Entries shown »
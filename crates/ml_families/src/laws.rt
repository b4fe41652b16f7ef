// What holds of the families by their definitions alone: the functions do nothing, their contracts are the theorems.
ghost use Rattle.std.specs.Prelude.{◌+◌, ◌-◌, ◌^◌};
ghost use Rattle.ml_gen.specs.Formulas.{and_formula, loop_formula, or_formula, step_formula};
ghost use Rattle.ml_families.specs.Sizes.{LoopsAreSatisfiable, MuGames, PdlGames};

/// The decision game of the family's formula for `n`, from 1 on, has one position in `and`, `2^(n+1) - 1` in `or`, and
/// `n + 1` in `step` and in `loop`.
pub fn games_are_counted()
    ensures conjunctions { MuGames and_formula (λ n. 1) }
    ensures disjunctions { MuGames or_formula (λ n. 2 ^ (n + 1) - 1) }
    ensures steps { PdlGames step_formula (λ n. n + 1) }
    ensures loops { PdlGames loop_formula (λ n. n + 1) }
{}

/// The formulas of `loop` are satisfiable.
pub fn loops_are_satisfiable()
    ensures { LoopsAreSatisfiable }
{}
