// The decision games of the families of formulas, measured for all numbers.
//
// `ml_gen` has the families, their formulas and how many occurrences these have; `bench` of `ml_driver` measures one of
// them. Here stand the laws that say how many positions their decision games have for each number, and nothing that runs.
//
// The laws stand on one lemma (`proofs/Listed`): positions that are reached, the start among them, of which none stands
// twice and from which moves lead to one another alone, are all that are reached. The games of `step` and `loop` are
// lines of positions (`Kinds` there), those of `and` and `or` trees of choices (`proofs/Trees`).
//
// Below stand `ml_gen`, the graphs of the mu-calculus and of PDL (`ml_mu_graph`, `ml_pdl_graph`), and `ml_product`.
#![tactic(auto)]

pub mod laws;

Your objective » Skip every line before the one containing "lines of positions". Retype that line and the rest through the last one exactly as they stand in the listing.

Your solution »
// lines of positions (`Kinds` there), those of `and` and `or` trees of choices (`proofs/Trees`).
//
// Below stand `ml_gen`, the graphs of the mu-calculus and of PDL (`ml_mu_graph`, `ml_pdl_graph`), and `ml_product`.
#![tactic(auto)]

pub mod laws;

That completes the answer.